Code for the paper: GAMA: A Large Audio-Language Model with Advanced Audio Understanding and Complex Reasoning Abilities

https://sreyan88.github.io/gamaaudio/

Apache License 2.0

80 stars 8 forks source link

Inference on a single audio input #18

Open jrohsc opened 23 hours ago

jrohsc commented 23 hours ago

Hi,

I tried to modify thegama_inf.py code to test the model on a single audio input. However, I am encountering some issues with the following: ValueError: The following "model_kwargs" are not used by the model: ['audio_input'] (note: typos in the generate arguments will also show up in this list).

Is there a way to fix this error? Or do you guys possess any code that we can test the model on a single audio input?

sonalkum commented 22 hours ago

Can you share your gama_inf.py file so that we can try to reproduce this issue? We have never encountered this issue. You can also check https://huggingface.co/spaces/sonalkum/GAMA here for better clarity on how to infer on single audio.

jrohsc commented 22 hours ago

Is there a way to do it on a code instead of a demo? A notebook file would be helpful!

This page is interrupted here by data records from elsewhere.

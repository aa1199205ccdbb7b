//! The hull of boxes: the least box that holds them all.

ghost use Rattle.std.specs.Prelude.{◌≡◌};
ghost use Rattle.std.specs.Int.{int_min, int_max};
ghost use Rattle.grid_model.specs.Boxes.{GridBox, grid_box, IsInside};
ghost use Rattle.grid_model.specs.Hulls.{joined_box};

use crate::boxes::{Box3, Pos};

/// The lesser one of the coordinates of two points, on each axis.
fn lesser(one: &Pos, other: &Pos) -> Pos
    ensures x { result.x ≡ int_min one.now.x other.now.x }
    ensures y { result.y ≡ int_min one.now.y other.now.y }
    ensures z { result.z ≡ int_min one.now.z other.now.z }
{
    Pos {
        x: one.x.min(other.x),
        y: one.y.min(other.y),
        z: one.z.min(other.z),
    }
}

/// The greater one of the coordinates of two points, on each axis.
fn greater(one: &Pos, other: &Pos) -> Pos
    ensures x { result.x ≡ int_max one.now.x other.now.x }
    ensures y { result.y ≡ int_max one.now.y other.now.y }
    ensures z { result.z ≡ int_max one.now.z other.now.z }
{
    Pos {
        x: one.x.max(other.x),
        y: one.y.max(other.y),
        z: one.z.max(other.z),
    }
}

impl Box3 {
    /// The hull of two boxes.
    pub fn hull(&self, other: &Box3) -> Box3
        ensures value { grid_box result ≡ joined_box (grid_box self.now) (grid_box other.now) }
        ensures first { IsInside (grid_box self.now) (grid_box result) }
        ensures second { IsInside (grid_box other.now) (grid_box result) }
        ensures least { (whole : GridBox) → IsInside (grid_box self.now) whole
            → IsInside (grid_box other.now) whole → IsInside (grid_box result) whole }
    {
        Box3 {
            lo: lesser(&self.lo, &other.lo),
            hi: greater(&self.hi, &other.hi),
        }
    }
}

Sreyan88 commented 22 hours ago

Hi @jrohsc ,

I am thinking you might have missed installing our version of Transformers. Please check installation instructions here:

https://github.com/Sreyan88/GAMA?tab=readme-ov-file#setup-%EF%B8%8F

jrohsc commented 21 hours ago

Here is my ipynb code I used on my local machine. Assume that this is in the GAMA directory. https://drive.google.com/file/d/1biav6H9EEvDzPG4GSt1CdSPvnUIJs00V/view?usp=sharing

jrohsc commented 16 hours ago

Hi, I even used the python script but I got the same error even I installed based on the instruction. I downloaded the Llama-2-7b-chat-hf-qformer folder as the base model and used the checkpoint-2500/pytorch_model.bin as the eval model path. What could be the potential reason for the above error?